## The data
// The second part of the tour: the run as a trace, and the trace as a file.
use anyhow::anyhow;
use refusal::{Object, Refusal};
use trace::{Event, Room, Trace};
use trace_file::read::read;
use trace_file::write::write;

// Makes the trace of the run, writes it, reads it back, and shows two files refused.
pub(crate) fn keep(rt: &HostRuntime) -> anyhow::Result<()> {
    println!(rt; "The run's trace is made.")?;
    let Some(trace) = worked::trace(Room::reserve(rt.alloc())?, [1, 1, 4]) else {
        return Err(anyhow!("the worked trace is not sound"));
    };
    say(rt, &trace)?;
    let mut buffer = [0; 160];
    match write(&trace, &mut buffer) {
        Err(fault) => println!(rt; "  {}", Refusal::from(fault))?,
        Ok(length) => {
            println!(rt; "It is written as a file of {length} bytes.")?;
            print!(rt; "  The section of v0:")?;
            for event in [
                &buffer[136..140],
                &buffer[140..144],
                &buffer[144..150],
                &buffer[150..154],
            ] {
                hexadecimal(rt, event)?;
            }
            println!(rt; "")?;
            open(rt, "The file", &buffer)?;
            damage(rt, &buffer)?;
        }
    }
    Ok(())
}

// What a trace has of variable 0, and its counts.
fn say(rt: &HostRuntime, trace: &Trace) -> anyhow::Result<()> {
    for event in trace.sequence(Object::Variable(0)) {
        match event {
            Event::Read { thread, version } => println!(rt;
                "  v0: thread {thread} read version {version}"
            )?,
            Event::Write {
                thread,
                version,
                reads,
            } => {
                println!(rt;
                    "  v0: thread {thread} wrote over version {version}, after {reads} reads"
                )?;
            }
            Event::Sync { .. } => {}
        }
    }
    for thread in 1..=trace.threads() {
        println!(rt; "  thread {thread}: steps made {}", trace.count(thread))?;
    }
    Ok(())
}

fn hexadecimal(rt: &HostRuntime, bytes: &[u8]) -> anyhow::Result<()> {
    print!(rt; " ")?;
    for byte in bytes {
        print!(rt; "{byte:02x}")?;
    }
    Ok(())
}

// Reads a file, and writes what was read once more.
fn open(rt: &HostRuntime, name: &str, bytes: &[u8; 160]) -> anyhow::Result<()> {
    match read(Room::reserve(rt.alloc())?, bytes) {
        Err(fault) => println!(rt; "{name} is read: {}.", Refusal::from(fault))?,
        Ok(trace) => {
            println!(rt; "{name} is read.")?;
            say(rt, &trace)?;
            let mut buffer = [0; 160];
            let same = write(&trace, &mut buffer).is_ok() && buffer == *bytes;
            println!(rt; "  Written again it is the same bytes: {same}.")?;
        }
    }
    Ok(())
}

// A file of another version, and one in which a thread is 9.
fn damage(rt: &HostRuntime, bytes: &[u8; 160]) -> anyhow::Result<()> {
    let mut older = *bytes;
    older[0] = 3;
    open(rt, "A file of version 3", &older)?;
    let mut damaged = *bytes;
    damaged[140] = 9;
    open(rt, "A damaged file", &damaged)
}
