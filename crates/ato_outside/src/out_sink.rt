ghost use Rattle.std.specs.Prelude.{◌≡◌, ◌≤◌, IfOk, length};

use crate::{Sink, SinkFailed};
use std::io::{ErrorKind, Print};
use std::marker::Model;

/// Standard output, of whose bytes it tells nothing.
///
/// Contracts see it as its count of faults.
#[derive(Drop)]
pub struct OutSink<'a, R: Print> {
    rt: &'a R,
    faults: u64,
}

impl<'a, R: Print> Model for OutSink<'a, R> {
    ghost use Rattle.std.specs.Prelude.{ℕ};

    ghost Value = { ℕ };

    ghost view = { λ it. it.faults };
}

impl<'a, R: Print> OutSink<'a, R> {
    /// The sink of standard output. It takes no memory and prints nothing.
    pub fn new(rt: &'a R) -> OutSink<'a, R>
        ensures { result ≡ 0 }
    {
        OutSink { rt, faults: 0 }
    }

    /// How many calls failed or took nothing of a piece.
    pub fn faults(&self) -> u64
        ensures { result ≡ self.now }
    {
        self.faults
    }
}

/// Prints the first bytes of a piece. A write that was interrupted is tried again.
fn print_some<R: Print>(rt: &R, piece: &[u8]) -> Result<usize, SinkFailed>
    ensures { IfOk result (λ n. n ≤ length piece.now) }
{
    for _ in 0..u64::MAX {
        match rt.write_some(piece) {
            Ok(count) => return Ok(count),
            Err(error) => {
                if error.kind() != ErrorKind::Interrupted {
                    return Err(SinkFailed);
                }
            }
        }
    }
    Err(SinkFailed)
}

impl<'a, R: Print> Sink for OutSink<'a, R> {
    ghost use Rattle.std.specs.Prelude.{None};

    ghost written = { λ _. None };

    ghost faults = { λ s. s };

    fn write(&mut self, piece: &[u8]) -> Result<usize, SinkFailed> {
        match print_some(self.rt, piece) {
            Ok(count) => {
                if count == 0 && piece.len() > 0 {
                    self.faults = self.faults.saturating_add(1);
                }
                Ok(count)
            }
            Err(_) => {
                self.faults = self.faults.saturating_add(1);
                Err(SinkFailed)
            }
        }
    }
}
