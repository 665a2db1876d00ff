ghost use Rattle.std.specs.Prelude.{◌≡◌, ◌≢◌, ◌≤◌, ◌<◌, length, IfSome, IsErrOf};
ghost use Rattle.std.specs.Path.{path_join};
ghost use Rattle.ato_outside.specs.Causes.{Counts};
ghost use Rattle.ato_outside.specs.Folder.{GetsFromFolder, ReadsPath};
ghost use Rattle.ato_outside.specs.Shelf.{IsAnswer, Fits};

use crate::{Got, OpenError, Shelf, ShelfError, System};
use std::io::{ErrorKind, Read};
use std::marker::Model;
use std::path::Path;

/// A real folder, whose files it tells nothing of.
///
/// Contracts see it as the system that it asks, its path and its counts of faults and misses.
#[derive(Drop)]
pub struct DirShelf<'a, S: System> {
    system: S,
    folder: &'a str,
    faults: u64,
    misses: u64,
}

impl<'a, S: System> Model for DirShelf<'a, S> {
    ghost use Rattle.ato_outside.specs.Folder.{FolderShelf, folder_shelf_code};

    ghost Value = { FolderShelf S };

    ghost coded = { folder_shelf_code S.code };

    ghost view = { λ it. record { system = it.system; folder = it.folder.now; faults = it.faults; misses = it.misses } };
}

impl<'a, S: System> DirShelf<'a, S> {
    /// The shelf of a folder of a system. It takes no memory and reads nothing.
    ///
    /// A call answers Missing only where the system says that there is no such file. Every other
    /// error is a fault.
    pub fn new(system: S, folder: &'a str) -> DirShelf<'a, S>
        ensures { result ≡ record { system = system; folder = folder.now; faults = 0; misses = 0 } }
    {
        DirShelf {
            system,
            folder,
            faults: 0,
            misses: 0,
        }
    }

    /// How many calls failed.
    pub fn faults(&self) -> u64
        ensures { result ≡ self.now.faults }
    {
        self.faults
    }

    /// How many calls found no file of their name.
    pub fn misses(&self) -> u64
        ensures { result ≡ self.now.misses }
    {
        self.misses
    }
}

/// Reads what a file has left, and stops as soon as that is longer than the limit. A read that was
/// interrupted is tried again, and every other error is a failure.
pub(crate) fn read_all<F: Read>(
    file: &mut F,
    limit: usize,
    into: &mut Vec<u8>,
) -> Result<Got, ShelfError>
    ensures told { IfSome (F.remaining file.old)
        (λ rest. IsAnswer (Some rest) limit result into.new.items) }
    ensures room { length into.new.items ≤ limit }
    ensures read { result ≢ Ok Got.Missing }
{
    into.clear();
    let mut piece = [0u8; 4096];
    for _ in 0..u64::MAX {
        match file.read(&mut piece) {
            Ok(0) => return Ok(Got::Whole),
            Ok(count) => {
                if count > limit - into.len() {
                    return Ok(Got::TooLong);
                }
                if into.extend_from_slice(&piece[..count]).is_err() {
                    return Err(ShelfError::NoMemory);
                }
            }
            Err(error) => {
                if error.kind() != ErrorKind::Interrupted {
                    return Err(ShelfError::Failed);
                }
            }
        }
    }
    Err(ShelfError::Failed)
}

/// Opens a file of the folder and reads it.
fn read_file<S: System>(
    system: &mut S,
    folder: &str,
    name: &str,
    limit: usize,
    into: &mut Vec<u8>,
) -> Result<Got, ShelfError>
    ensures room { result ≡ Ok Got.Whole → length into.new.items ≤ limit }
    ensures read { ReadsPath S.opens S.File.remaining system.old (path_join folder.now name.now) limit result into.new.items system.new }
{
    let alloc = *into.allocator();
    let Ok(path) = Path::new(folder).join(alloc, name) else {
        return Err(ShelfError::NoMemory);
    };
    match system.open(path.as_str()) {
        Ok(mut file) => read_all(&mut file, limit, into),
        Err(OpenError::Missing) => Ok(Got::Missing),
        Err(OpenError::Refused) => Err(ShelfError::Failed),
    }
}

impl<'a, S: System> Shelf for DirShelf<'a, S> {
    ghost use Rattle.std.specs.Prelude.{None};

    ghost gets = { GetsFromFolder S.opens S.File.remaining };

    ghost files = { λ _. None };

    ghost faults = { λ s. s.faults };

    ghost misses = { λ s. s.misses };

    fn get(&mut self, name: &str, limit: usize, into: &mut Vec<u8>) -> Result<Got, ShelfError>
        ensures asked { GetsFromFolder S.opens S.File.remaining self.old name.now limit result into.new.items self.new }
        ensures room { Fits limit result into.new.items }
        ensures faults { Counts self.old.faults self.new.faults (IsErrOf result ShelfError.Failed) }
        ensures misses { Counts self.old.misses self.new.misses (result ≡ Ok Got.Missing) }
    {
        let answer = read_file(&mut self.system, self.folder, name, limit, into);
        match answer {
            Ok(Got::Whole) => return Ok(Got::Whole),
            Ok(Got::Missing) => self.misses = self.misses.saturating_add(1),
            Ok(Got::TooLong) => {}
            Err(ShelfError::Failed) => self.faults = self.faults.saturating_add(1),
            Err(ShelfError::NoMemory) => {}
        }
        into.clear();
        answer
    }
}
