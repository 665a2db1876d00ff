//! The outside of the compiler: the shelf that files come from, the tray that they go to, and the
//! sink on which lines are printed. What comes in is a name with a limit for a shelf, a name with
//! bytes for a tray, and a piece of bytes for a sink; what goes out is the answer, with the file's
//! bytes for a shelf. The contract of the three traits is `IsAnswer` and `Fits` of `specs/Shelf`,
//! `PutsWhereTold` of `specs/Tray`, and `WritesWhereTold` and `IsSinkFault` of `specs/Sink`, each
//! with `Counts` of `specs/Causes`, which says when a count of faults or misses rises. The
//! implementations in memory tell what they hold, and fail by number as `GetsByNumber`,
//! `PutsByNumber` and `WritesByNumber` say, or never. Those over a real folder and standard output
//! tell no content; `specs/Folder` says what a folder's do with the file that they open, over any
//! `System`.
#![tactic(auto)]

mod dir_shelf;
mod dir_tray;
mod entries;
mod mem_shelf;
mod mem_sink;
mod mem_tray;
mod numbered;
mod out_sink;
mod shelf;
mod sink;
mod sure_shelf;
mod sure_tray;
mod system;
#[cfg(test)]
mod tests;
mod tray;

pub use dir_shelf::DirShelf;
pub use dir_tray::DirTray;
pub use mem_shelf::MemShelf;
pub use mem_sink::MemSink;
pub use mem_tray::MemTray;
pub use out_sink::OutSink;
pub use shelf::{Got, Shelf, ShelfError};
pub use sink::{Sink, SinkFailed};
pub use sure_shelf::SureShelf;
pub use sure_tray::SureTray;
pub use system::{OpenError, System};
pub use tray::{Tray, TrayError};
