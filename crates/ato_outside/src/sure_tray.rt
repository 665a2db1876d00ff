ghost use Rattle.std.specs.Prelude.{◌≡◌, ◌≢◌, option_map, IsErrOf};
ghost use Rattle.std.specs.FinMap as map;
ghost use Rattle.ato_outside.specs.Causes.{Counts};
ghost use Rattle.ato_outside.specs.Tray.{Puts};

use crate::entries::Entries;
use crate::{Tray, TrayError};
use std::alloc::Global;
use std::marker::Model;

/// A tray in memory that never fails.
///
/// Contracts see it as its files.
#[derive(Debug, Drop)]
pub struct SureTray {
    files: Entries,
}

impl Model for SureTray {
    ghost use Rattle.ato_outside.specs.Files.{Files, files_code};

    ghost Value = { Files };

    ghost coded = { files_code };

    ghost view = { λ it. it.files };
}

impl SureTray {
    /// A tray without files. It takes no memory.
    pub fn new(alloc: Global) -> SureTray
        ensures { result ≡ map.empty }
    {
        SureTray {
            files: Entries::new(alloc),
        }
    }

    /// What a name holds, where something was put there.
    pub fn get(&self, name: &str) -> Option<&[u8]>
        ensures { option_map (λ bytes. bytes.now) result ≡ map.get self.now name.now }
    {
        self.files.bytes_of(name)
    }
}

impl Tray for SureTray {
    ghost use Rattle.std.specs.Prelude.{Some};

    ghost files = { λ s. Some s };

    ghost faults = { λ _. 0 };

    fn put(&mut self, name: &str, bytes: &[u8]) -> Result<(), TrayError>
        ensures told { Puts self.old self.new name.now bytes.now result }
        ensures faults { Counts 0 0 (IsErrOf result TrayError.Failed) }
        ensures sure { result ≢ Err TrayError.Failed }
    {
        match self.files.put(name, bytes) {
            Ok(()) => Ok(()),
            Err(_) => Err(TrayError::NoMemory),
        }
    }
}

---

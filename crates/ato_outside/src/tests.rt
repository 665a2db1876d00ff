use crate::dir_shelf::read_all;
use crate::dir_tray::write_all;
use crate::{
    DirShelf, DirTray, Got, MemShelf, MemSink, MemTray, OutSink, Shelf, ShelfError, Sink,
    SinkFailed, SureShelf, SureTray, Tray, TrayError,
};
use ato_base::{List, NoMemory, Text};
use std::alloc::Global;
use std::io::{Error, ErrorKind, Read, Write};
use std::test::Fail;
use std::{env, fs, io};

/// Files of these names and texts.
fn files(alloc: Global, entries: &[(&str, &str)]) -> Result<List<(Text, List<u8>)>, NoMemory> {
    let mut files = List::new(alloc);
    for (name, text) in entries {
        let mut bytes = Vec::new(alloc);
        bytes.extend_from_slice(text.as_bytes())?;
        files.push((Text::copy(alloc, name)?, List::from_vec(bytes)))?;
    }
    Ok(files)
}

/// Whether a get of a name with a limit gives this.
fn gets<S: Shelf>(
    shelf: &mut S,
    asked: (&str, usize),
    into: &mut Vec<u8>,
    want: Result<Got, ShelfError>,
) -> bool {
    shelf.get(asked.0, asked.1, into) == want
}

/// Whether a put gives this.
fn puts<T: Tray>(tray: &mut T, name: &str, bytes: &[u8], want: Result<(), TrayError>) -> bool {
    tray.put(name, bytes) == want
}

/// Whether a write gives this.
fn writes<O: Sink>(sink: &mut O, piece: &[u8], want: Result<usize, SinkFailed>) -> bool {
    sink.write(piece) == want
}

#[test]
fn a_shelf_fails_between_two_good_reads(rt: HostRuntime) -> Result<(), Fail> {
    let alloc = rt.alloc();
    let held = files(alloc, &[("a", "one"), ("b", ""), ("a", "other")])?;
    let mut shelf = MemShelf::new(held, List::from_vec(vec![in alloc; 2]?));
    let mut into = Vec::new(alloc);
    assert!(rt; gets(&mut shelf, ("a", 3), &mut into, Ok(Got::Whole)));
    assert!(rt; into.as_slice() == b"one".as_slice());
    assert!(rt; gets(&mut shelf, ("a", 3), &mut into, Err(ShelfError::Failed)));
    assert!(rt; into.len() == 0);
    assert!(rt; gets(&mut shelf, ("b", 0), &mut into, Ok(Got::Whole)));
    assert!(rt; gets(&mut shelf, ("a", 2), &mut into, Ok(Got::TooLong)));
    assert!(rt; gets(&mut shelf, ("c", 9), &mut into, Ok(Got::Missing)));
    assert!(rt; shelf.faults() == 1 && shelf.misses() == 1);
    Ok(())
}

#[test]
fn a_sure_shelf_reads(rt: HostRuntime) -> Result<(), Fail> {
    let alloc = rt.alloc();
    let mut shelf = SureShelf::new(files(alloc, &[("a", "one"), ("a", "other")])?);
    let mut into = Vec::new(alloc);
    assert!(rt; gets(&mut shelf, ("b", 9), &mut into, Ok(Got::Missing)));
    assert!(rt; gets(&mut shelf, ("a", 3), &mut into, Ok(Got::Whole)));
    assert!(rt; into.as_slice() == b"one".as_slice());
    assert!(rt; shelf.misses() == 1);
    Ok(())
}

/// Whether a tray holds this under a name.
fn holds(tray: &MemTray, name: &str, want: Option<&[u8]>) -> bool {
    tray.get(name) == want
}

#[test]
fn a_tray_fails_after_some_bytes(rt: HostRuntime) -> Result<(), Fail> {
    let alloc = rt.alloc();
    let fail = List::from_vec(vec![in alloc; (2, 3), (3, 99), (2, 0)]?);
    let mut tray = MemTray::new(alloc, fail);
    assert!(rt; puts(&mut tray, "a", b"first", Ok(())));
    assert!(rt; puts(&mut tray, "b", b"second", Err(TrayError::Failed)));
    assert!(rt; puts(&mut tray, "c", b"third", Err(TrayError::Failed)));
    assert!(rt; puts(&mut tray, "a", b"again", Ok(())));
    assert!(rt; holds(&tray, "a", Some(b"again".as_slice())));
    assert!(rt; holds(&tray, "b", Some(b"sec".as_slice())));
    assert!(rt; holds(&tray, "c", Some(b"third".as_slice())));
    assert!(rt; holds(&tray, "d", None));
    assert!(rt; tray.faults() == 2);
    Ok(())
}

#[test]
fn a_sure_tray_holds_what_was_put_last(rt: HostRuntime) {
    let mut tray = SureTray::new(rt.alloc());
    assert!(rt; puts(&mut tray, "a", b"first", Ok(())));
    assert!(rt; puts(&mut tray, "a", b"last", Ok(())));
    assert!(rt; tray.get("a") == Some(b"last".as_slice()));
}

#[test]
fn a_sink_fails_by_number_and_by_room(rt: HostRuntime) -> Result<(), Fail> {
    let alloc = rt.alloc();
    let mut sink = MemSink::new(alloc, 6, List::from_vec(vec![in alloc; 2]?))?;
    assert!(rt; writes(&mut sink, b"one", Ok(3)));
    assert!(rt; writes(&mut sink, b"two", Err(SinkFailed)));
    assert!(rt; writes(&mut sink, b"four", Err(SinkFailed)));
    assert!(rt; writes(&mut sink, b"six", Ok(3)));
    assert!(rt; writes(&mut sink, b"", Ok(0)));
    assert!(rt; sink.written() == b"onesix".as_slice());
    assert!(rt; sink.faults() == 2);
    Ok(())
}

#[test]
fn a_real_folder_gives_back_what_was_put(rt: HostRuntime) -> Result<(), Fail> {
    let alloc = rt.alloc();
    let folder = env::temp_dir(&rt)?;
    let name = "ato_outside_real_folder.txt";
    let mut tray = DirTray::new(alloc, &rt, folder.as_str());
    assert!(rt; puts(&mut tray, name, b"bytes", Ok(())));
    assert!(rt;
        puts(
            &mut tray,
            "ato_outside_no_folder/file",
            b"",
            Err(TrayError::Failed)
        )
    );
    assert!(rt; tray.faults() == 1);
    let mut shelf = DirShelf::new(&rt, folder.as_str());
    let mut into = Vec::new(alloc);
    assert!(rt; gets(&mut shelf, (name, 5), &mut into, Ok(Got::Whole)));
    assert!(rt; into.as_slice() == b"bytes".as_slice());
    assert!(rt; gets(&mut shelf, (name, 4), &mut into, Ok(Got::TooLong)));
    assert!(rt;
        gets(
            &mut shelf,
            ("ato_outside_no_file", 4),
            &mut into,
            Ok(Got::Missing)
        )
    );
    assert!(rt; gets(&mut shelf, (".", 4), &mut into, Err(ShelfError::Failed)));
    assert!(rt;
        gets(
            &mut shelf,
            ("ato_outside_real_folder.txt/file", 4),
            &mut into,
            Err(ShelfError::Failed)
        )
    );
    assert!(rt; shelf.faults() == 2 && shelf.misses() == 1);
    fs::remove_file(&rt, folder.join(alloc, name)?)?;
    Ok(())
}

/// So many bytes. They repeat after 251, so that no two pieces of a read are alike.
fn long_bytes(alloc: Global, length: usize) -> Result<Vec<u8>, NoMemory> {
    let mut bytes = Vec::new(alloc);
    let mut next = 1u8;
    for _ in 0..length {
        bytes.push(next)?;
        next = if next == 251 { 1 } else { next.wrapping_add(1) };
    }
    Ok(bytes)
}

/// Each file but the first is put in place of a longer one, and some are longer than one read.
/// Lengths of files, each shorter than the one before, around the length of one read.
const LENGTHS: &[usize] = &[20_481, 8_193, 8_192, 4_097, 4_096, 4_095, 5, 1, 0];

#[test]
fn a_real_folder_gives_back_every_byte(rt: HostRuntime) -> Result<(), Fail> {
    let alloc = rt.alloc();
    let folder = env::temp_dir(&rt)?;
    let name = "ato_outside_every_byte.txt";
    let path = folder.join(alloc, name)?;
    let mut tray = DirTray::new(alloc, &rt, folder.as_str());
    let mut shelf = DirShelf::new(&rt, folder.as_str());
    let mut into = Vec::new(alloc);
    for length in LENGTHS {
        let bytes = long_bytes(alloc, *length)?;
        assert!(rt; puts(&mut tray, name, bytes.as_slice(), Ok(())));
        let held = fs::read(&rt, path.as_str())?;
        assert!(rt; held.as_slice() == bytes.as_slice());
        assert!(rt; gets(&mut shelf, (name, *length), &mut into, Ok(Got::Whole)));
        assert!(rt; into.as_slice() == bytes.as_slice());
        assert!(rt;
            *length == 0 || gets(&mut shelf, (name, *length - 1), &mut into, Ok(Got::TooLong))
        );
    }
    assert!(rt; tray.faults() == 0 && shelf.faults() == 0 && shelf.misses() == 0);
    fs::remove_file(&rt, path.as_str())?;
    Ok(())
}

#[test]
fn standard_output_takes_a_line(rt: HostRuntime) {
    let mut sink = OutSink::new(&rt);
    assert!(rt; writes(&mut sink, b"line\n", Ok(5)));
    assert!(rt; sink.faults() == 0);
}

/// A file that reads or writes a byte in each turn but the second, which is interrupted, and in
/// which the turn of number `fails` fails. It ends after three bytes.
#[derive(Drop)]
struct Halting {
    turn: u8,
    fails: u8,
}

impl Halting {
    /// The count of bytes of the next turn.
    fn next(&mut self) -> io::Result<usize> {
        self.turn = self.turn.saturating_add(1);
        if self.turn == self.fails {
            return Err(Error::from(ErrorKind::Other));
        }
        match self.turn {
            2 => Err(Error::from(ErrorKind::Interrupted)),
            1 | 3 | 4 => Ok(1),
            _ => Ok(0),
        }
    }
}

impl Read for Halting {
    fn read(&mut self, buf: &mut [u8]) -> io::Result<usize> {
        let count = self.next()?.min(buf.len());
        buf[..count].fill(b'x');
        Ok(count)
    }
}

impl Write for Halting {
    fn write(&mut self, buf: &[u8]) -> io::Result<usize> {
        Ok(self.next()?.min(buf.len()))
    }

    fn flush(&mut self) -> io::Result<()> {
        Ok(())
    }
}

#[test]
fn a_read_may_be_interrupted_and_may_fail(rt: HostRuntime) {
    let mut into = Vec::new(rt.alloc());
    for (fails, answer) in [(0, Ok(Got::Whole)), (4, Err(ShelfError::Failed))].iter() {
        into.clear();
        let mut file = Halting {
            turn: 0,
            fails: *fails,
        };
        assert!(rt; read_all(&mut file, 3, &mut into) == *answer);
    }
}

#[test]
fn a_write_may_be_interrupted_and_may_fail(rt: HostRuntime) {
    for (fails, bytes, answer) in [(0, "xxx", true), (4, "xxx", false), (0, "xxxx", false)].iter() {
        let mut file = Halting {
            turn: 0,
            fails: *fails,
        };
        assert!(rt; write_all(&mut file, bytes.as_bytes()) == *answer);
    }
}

## What to do
Starting at the line above that contains "than one read.", repeat each line exactly up to and including the line that contains "let bytes = long_bytes(alloc, *length)?;", and stop there.

## Written solution
/// Each file but the first is put in place of a longer one, and some are longer than one read.
/// Lengths of files, each shorter than the one before, around the length of one read.
const LENGTHS: &[usize] = &[20_481, 8_193, 8_192, 4_097, 4_096, 4_095, 5, 1, 0];

#[test]
fn a_real_folder_gives_back_every_byte(rt: HostRuntime) -> Result<(), Fail> {
    let alloc = rt.alloc();
    let folder = env::temp_dir(&rt)?;
    let name = "ato_outside_every_byte.txt";
    let path = folder.join(alloc, name)?;
    let mut tray = DirTray::new(alloc, &rt, folder.as_str());
    let mut shelf = DirShelf::new(&rt, folder.as_str());
    let mut into = Vec::new(alloc);
    for length in LENGTHS {
        let bytes = long_bytes(alloc, *length)?;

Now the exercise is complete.